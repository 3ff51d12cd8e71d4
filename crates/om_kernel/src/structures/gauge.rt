//! Vertices of three and of four vectors.
ghost use Rattle.std.specs.Prelude.{◌≡◌, ◌+◌, ◌*◌, ◌≤◌};
ghost use Rattle.om_lorentz.specs.Laws.{order};
ghost use Rattle.om_kernel.specs.Calls.{calls_to_fuse};
ghost use Rattle.om_kernel.specs.Forms.{entering, gluon4_pairs, pairs_form, vvv_form, vvvv_pairs};
ghost use Rattle.om_kernel.specs.Slots.{filled};

use super::coupling;
use crate::gluons::{Entering, Pairs, join_pairs, three_gluons};
use crate::orders::{three_before, two_before};
use crate::slots::{four_at, momentum_at};
use crate::waves::{Slots, Wave};
use om_lorentz::{Factors, Reading, Structure};
use om_ring::ring::Ring;
use om_ring::steps::Steps;

// The order in which four slots are written.
const FOUR: Reading = Reading {
    slots: [1, 2, 3, 4],
};

// The vector in a slot with the momentum that enters there.
#[inline(always)]
fn entering<R: Ring>(ring: &R, slots: &Slots<R::E>, slot: u8) -> Entering<R::E>
    ensures { let o = R.ops ring.now in result ≡ entering o (filled o slots.now) slot }
{
    Entering {
        wave: four_at(ring, slots, slot),
        momentum: momentum_at(ring, slots, slot),
    }
}

/// Three vectors in a reading order.
pub(super) fn vvv<R: Ring<Mark = L>, L>(
    ring: &R,
    reading: Reading,
    factors: &Factors<R::E>,
    slots: &Slots<R::E>,
    hole: u8,
    steps: &mut Steps<L>,
) -> Wave<R::E>
    ensures value { let o = R.ops ring.now in result ≡ vvv_form o factors.now (filled o slots.now) reading hole }
    ensures at_most { steps.new ≤ steps.old + calls_to_fuse Structure.Vvv hole * R.cost ring.now }
{
    let (j, k) = two_before(reading, hole);
    let p = entering(ring, slots, j);
    let q = entering(ring, slots, k);
    let there = momentum_at(ring, slots, hole);
    let c = coupling(ring, factors, steps);
    Wave::Vector(three_gluons(ring, c, &p, &q, &there, steps))
}

// Four vectors in pairs, in a reading order.
#[inline(always)]
fn paired<R: Ring<Mark = L>, L>(
    ring: &R,
    factors: &Pairs<R::E>,
    reading: Reading,
    slots: &Slots<R::E>,
    hole: u8,
    steps: &mut Steps<L>,
) -> Wave<R::E>
    ensures value { let o = R.ops ring.now in result ≡ pairs_form o (filled o slots.now) factors.now reading hole }
    ensures at_most { steps.new ≤ steps.old + 47 * R.cost ring.now }
{
    let (j, k, m) = three_before(reading, hole);
    let p = four_at(ring, slots, j);
    let q = four_at(ring, slots, k);
    let r = four_at(ring, slots, m);
    Wave::Vector(join_pairs(ring, factors, &p, &q, &r, steps))
}

// The pairs of `Vvvv`, where its slots are read on to the hole: one place on, the first and the last change places.
fn vvvv_pairs<R: Ring<Mark = L>, L>(
    ring: &R,
    factors: &Factors<R::E>,
    hole: u8,
    steps: &mut Steps<L>,
) -> Pairs<R::E>
    ensures value { result ≡ vvvv_pairs (R.ops ring.now) factors.now hole }
    ensures at_most { steps.new ≤ steps.old + 3 * R.cost ring.now }
{
    let Factors { a, b, c } = *factors;
    let a = ring.mul(ring.imag(), a, steps);
    let b = ring.mul(ring.imag(), b, steps);
    let c = ring.mul(ring.imag(), c, steps);
    match hole {
        1 | 3 => Pairs {
            next: c,
            crossed: b,
            last: a,
        },
        _ => Pairs {
            next: a,
            crossed: b,
            last: c,
        },
    }
}

/// Four vectors.
pub(super) fn vvvv<R: Ring<Mark = L>, L>(
    ring: &R,
    factors: &Factors<R::E>,
    slots: &Slots<R::E>,
    hole: u8,
    steps: &mut Steps<L>,
) -> Wave<R::E>
    ensures value { let o = R.ops ring.now in
        result ≡ pairs_form o (filled o slots.now) (vvvv_pairs o factors.now hole) (order 1 2 3 4) hole }
    ensures at_most { steps.new ≤ steps.old + calls_to_fuse Structure.Vvvv hole * R.cost ring.now }
{
    let factors = vvvv_pairs(ring, factors, hole, steps);
    paired(ring, &factors, FOUR, slots, hole, steps)
}

/// Four vectors in a reading order.
pub(super) fn gluon4<R: Ring<Mark = L>, L>(
    ring: &R,
    reading: Reading,
    factors: &Factors<R::E>,
    slots: &Slots<R::E>,
    hole: u8,
    steps: &mut Steps<L>,
) -> Wave<R::E>
    ensures value { let o = R.ops ring.now in
        result ≡ pairs_form o (filled o slots.now) (gluon4_pairs o factors.now) reading hole }
    ensures at_most { steps.new ≤ steps.old + calls_to_fuse Structure.Gluon4 hole * R.cost ring.now }
{
    let c = coupling(ring, factors, steps);
    let back = ring.neg(c, steps);
    let twice = ring.add(c, c, steps);
    let factors = Pairs {
        next: back,
        crossed: twice,
        last: back,
    };
    paired(ring, &factors, reading, slots, hole, steps)
}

**TRY IT:**
Which lines in the material contain the word "super"? Pull each of them out.

**RESULT OF THE EXERCISE:**
use super::coupling;
pub(super) fn vvv<R: Ring<Mark = L>, L>(
pub(super) fn vvvv<R: Ring<Mark = L>, L>(
pub(super) fn gluon4<R: Ring<Mark = L>, L>(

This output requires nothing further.